When parsing code such as true & false, first, you parse the true operand. If the input stream finishes at this step, you return this node as the result product of parsing. Otherwise, when the parser encounters an & token, it starts a new binary operator parser immediately lifting the previously created operand to the current operator's context, then parses the second operand and finishes the operator parser. You can repeat this procedure iteratively to create a left-rotated binary tree.

The SyntaxSession::lift function "transplants" the syntax tree branch created just before we enter the new node subparser to the context of this subparser. In particular, this function automatically changes the parent NodeRef of the former sibling to the node that we start parsing.

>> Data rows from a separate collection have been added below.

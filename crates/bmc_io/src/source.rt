ghost use Rattle.std.specs.Prelude.{◌≡◌, ◌<◌, length, is_err};
ghost use Rattle.std.specs.Io.{ReadsAtMost};
ghost use Rattle.std.specs.Io.KnownBytes.{ReadConsumes};
ghost use Rattle.bmc_base.specs.Calls.{HasCause};
ghost use Rattle.bmc_io.specs.Sources.{Input};

use crate::IoFault;

/// Where bytes come from.
pub trait Source {
    /// What is seen of the source: the bytes that are left, where it tells them, and its calls.
    ghost seen: { Self → Input };

    /// Puts the next bytes that are left into `buf`, and returns how many. Returns 0 only where nothing
    /// is left, which is the end. An `Err` counts as a fault, and leaves what is left unchanged.
    fn read(&mut self, buf: &mut [u8]) -> Result<usize, IoFault>
        requires { 0 < length buf.old }
        ensures bound { ReadsAtMost result buf.new }
        ensures bytes { ReadConsumes (seen self.old).left (seen self.new).left result buf.new }
        ensures cause { HasCause (seen self.old).calls (seen self.new).calls result }
        ensures last { (seen self.new).calls.last_failed ≡ is_err result };
}
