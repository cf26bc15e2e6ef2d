ghost use Rattle.std.specs.Prelude.{◌≡◌, OnOk};
ghost use Rattle.bmc_base.specs.Calls.{HasCause};
ghost use Rattle.bmc_io.specs.Told.{added};
ghost use Rattle.bmc_io.specs.Sinks.{AppendsFront};

use crate::{IoFault, Sink};

/// Writes all the bytes, or a front of them where a write fails. After a fault the sink is not called again.
#[tactic(auto, using(crate::proofs::Fronts::front_stopped, crate::proofs::Fronts::take_further))]
pub fn put_all<K: Sink>(sink: &mut K, bytes: &[u8]) -> Result<(), IoFault>
    ensures all { OnOk result ((K.seen sink.new).taken ≡ added (K.seen sink.old).taken bytes.now) }
    ensures front { AppendsFront (K.seen sink.old).taken (K.seen sink.new).taken bytes.now }
    ensures cause { HasCause (K.seen sink.old).calls (K.seen sink.new).calls result }
{
    let mut done = 0;
    while done < bytes.len() {
        done += sink.write(&bytes[done..])?;
    }
    Ok(())
}
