ghost use Rattle.std.specs.Prelude.{◌≡◌, [], IfOk};
ghost use Rattle.bmc_base.specs.Calls.{no_calls, with_success};
ghost use Rattle.bmc_io.specs.Failures.{AddsName};

use crate::FileFault;
use bmc_base::{Calls, OutOfMemory, Text};
use std::alloc::Global;
use std::marker::Model;

// What files keep of their calls: how many failed, whether the last one did, and for which names.
#[derive(Drop)]
pub(crate) struct Failures {
    calls: Calls,
    names: Vec<Text>,
}

impl Model for Failures {
    ghost use Rattle.bmc_io.specs.Failures.{Failures};

    ghost Value = { Failures };

    ghost view = { λ f. record { calls = f.calls; names = f.names.items } };
}

impl Failures {
    // No call was made yet.
    pub(crate) fn new(alloc: Global) -> Failures
        ensures { result ≡ record { calls = no_calls; names = [] } }
    {
        Failures {
            calls: Calls::new(),
            names: Vec::new(alloc),
        }
    }

    // How many calls failed.
    pub(crate) fn faults(&self) -> u64
        ensures { result ≡ self.now.calls.faults }
    {
        self.calls.faults()
    }

    // The names of the calls that failed.
    pub(crate) fn names(&self) -> &[Text]
        ensures { result.now ≡ self.now.names }
    {
        &self.names
    }

    // Begins a call: it counts as a success until it fails.
    pub(crate) fn begin(&mut self)
        ensures { self.new ≡ record self.old { calls = with_success self.old.calls } }
    {
        self.calls.add_success();
    }

    // Copies the name and makes room for it, so that a call that fails takes no memory.
    pub(crate) fn room_for(&mut self, alloc: Global, name: &str) -> Result<Text, OutOfMemory>
        ensures copied { IfOk result (λ t. t ≡ name.now) }
        ensures same { self.new ≡ self.old }
    {
        self.names.reserve(1)?;
        Text::copy(alloc, name)
    }

    // The last call failed: its name joins the list.
    pub(crate) fn add(&mut self, name: Text) -> FileFault
        ensures { AddsName self.old self.new name result }
    {
        match self.names.push(name) {
            Ok(()) => {
                self.calls.add_failure();
                FileFault::Failed
            }
            Err(_) => FileFault::OutOfMemory,
        }
    }
}
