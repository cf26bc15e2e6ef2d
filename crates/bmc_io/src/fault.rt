use thiserror::Error;

/// A fault of the outside.
#[derive(Clone, Copy, Debug, PartialEq, Eq, Error)]
#[error("input or output failed")]
pub struct IoFault;
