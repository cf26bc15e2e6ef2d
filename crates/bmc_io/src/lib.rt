//! Sources that give bytes, sinks that take them, and folders of files, in memory and over those of
//! the system.
#![tactic(auto)]

mod count_sink;
mod failures;
mod fault;
mod files;
mod law;
mod mem_files;
mod mem_sink;
mod mem_source;
mod put;
mod retry;
mod schedule;
mod sink;
mod source;
mod std_files;
mod std_sink;
mod std_source;
#[cfg(test)]
mod tests;

pub use count_sink::CountSink;
pub use fault::IoFault;
pub use files::{FileFault, Files, Whole};
pub use law::a_count_is_the_length;
pub use mem_files::MemFiles;
pub use mem_sink::MemSink;
pub use mem_source::MemSource;
pub use put::put_all;
pub use sink::Sink;
pub use source::Source;
pub use std_files::StdFiles;
pub use std_sink::StdSink;
pub use std_source::StdSource;
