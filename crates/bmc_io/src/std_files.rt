ghost use Rattle.std.specs.Prelude.{◌≡◌, ◌<◌, ◌≤◌, ◌+◌, [], None, vec_len, IfOk};
ghost use Rattle.std.specs.Io.{StartsWith, appended_bytes};
ghost use Rattle.std.specs.Io.KnownBytes.{Consumes, IsAtEnd};
ghost use Rattle.bmc_base.specs.Calls.{no_calls};
ghost use Rattle.bmc_io.specs.Files.{IsWhole};
ghost use Rattle.bmc_io.specs.StdFiles.{IsWholeOf};

use crate::failures::Failures;
use crate::retry::read_uninterrupted;
use crate::{FileFault, Files, Whole};
use bmc_base::{Bytes, Text};
use std::alloc::Global;
use std::fs;
use std::io::Read;
use std::marker::Model;

/// The files of the system, reached as the standard library does. They tell nothing of what they hold. A
/// read that a signal interrupts is made again, and is no fault.
#[derive(Drop)]
pub struct StdFiles<F: std::rt::Files> {
    access: F,
    failures: Failures,
}

impl<F: std::rt::Files> Model for StdFiles<F> {
    ghost use Rattle.std.specs.Prelude.{None};
    ghost use Rattle.bmc_io.specs.Files.{Folder};

    ghost Value = { Folder };

    ghost view = { λ s. record { holds = None; calls = s.failures.calls; failed_names = s.failures.names } };
}

impl<F: std::rt::Files> StdFiles<F> {
    /// Returns the files that `access` opens, with no call made yet.
    pub fn new(access: F, alloc: Global) -> StdFiles<F>
        ensures { result ≡ record { holds = None; calls = no_calls; failed_names = [] } }
    {
        StdFiles {
            access,
            failures: Failures::new(alloc),
        }
    }

    /// Borrows the names that were answered `Failed`.
    pub fn failed_names(&self) -> &[Text]
        ensures { result.now ≡ self.now.failed_names }
    {
        self.failures.names()
    }

    /// Returns how many calls failed.
    pub fn faults(&self) -> u64
        ensures { result ≡ self.now.calls.faults }
    {
        self.failures.faults()
    }
}

// How many bytes one read takes at the most.
const PIECE: usize = 4096;

// Appends what one read gives: nothing only at the end, and no more than one byte above the limit.
fn read_piece<R: Read>(
    reader: &mut R,
    bytes: &mut Vec<u8>,
    limit: usize,
) -> Result<usize, FileFault>
    requires { vec_len bytes.old ≤ limit }
    ensures len { IfOk result (λ n. vec_len bytes.new ≡ vec_len bytes.old + n) }
    ensures starts { StartsWith bytes.new.items bytes.old.items }
    ensures taken { IfOk result (λ n. Consumes (R.remaining reader.old) (R.remaining reader.new) (appended_bytes bytes.old.items bytes.new.items)) }
    ensures at_end { IfOk result (λ n. n ≡ 0 → IsAtEnd (R.remaining reader.new)) }
{
    let mut piece = [0; PIECE];
    let room = (limit - bytes.len()).saturating_add(1).min(PIECE);
    let count = read_uninterrupted(reader, &mut piece[..room])?;
    bytes.extend_from_slice(&piece[..count])?;
    Ok(count)
}

// Reads to the end, or to one byte above the limit.
#[tactic(auto, using(crate::proofs::StdFilesLemmas::gathered_more, crate::proofs::StdFilesLemmas::gathered_all, crate::proofs::StdFilesLemmas::gathered_longer))]
pub(crate) fn read_to_limit<R: Read>(
    alloc: Global,
    reader: &mut R,
    limit: usize,
) -> Result<Whole, FileFault>
    ensures { IfOk result (λ whole. IsWholeOf (R.remaining reader.old) limit whole) }
{
    let mut bytes = Vec::new(alloc);
    while bytes.len() <= limit {
        if read_piece(reader, &mut bytes, limit)? == 0 {
            return Ok(Whole::Given(Bytes::from(bytes)));
        }
    }
    Ok(Whole::Longer)
}

// Opens the file and reads it.
fn read_file<F: std::rt::Files>(
    access: &F,
    alloc: Global,
    name: &str,
    limit: usize,
) -> Result<Whole, FileFault>
    ensures { IfOk result (λ whole. IsWhole None name.now limit whole) }
{
    let mut file = fs::open(access, name)?;
    read_to_limit(alloc, &mut file, limit)
}

impl<F: std::rt::Files> Files for StdFiles<F> {
    ghost seen = { λ s. s };

    fn read_whole(&mut self, alloc: Global, name: &str, limit: usize) -> Result<Whole, FileFault> {
        self.failures.begin();
        let copied = self.failures.room_for(alloc, name)?;
        match read_file(&self.access, alloc, name, limit) {
            Err(FileFault::Failed) => Err(self.failures.add(copied)),
            answer => answer,
        }
    }
}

From the operator parser of the Expr Parser example:

BoolToken::And => {
    if binding >= 2 {
        return accumulator;
    }

    // The `accumulator` is the result product of the overall parse procedure.
    let left = accumulator;

    // Entering into the `&` operator subparser.
    let node = session.enter(BoolNode::AND);
 
    // The accumulated product could be Nil due to syntax errors.
    // In this case, we should not and cannot lift it.
    if !left.is_nil() {
        // Makes the former accumulated node the child (the left-hand operand)
        // of the currently parsed operator.
        session.lift(&left);
    }

    let parent = session.parent_ref();

    // Consumes the `&` token.
    session.advance();
    skip_trivia(session);

    // Parses the right-hand side of the operator.
    let right = parse_operator(session, BoolNode::AND, 2);

    // Finishes operator subparser, and sets the result to the `accumulator`
    // for reuse on the next loop step.
    accumulator = session.leave(BoolNode::And {
        node,
        parent,
        left,
        right,
    });
}

Nodes Relations

In contrast to the macro-generated parsers, in the hand-written parser, you have to instantiate and properly initialize the instance of the node manually: when you return the final result from the overall parse procedure, and when you finish the inner subparsers via the leave function.

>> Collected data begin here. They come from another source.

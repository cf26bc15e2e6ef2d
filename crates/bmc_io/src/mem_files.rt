ghost use Rattle.std.specs.Prelude.{◌≡◌, ◌∷◌, ◌++◌, [], IfOk, OnOk, OnErr};
ghost use Rattle.std.specs.Option.{option_copied};
ghost use Rattle.bmc_base.specs.Calls.{no_calls};
ghost use Rattle.bmc_io.specs.Files.{bytes_of, ReadsFile};
ghost use Rattle.bmc_io.specs.Schedule.{begun, fails_next, advanced};
ghost use Rattle.bmc_io.specs.MemFiles.{folder_of, AnswersExactly};

use crate::failures::Failures;
use crate::schedule::Schedule;
use crate::{FileFault, Files, Whole};
use bmc_base::{Bytes, OutOfMemory, Text};
use std::alloc::Global;
use std::marker::Model;

/// Files in memory, for tests: names with bytes, and calls that are to fail.
#[derive(Drop)]
pub struct MemFiles {
    files: Vec<(Text, Bytes)>,
    schedule: Schedule,
    failures: Failures,
}

impl Model for MemFiles {
    ghost use Rattle.bmc_io.specs.MemFiles.{MemoryFolder};

    ghost Value = { MemoryFolder };

    ghost view = { λ s. record { holds = s.files.items; schedule = s.schedule; calls = s.failures.calls; failed_names = s.failures.names } };
}

impl MemFiles {
    /// Returns an empty folder. `fails` are the numbers, from 0, of the calls that are to fail.
    pub fn new(alloc: Global, fails: &[u64]) -> Result<MemFiles, OutOfMemory>
        ensures { IfOk result (λ s. s ≡ record { holds = []; schedule = begun fails.now; calls = no_calls; failed_names = [] }) }
    {
        let files = Vec::with_capacity(alloc, 1)?;
        let schedule = Schedule::new(alloc, fails)?;
        Ok(MemFiles {
            files,
            schedule,
            failures: Failures::new(alloc),
        })
    }

    /// Adds a file, in place of an earlier one of that name. An `Err` changes nothing.
    pub fn add(&mut self, alloc: Global, name: &str, bytes: &[u8]) -> Result<(), OutOfMemory>
        ensures ok { OnOk result (self.new ≡ record self.old { holds = self.old.holds ++ (name.now, bytes.now) ∷ [] }) }
        ensures err { OnErr result (self.new ≡ self.old) }
    {
        let file = (Text::copy(alloc, name)?, Bytes::copy(alloc, bytes)?);
        self.files.push(file)?;
        Ok(())
    }

    /// Borrows the names that were answered `Failed`.
    pub fn failed_names(&self) -> &[Text]
        ensures { result.now ≡ self.now.failed_names }
    {
        self.failures.names()
    }

    /// Returns how many calls failed.
    pub fn faults(&self) -> u64
        ensures { result ≡ self.now.calls.faults }
    {
        self.failures.faults()
    }
}

// The bytes of the file with this name: of two the later one counts.
fn file_named<'a>(files: &'a [(Text, Bytes)], name: &str) -> Option<&'a Bytes>
    ensures { option_copied result ≡ bytes_of files.now name.now }
{
    let found = files.iter().rev().find(|file| file.0.as_str() == name);
    found.map(|file| &file.1)
}

// The bytes of the file, or that they are more than `limit`, as far as this call is not to fail.
fn answer(
    alloc: Global,
    file: Option<&Bytes>,
    limit: usize,
    fails: bool,
) -> Result<Whole, FileFault>
    ensures { AnswersExactly fails (option_copied file.entry) limit result }
{
    match file {
        Some(bytes) if !fails => {
            let bytes = bytes.as_slice();
            if bytes.len() <= limit {
                Ok(Whole::Given(Bytes::copy(alloc, bytes)?))
            } else {
                Ok(Whole::Longer)
            }
        }
        _ => Err(FileFault::Failed),
    }
}

impl Files for MemFiles {
    ghost use Rattle.bmc_io.specs.MemFiles.{folder_of};

    ghost seen = { folder_of };

    fn read_whole(&mut self, alloc: Global, name: &str, limit: usize) -> Result<Whole, FileFault>
        ensures seen { ReadsFile (folder_of self.old) (folder_of self.new) name.now limit result }
        ensures exact { AnswersExactly (fails_next self.old.schedule) (bytes_of self.old.holds name.now) limit result }
        ensures schedule { self.new.schedule ≡ advanced self.old.schedule }
    {
        let fails = self.schedule.advance();
        self.failures.begin();
        let copied = self.failures.room_for(alloc, name)?;
        let file = file_named(&self.files, name);
        match answer(alloc, file, limit, fails) {
            Err(FileFault::Failed) => Err(self.failures.add(copied)),
            answer => answer,
        }
    }
}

To set up the node-to-parent relation, you can use the SyntaxSession::parent_ref function that returns a NodeRef reference to the parent node in the syntax tree of the currently parsed node.

The SyntaxSession::node_ref returns a NodeRef reference of the currently parsed node that will be deployed into the syntax tree when the parser finishes parsing (or subparsing) process.

To set up the child NodeRefs, you can use the result of the descend and leave functions.

Whenever the parse procedure encounters syntax errors that cannot be recovered, the parser function should set the child references to the most reasonable defaults following the same approach as in the macro-generated parsers.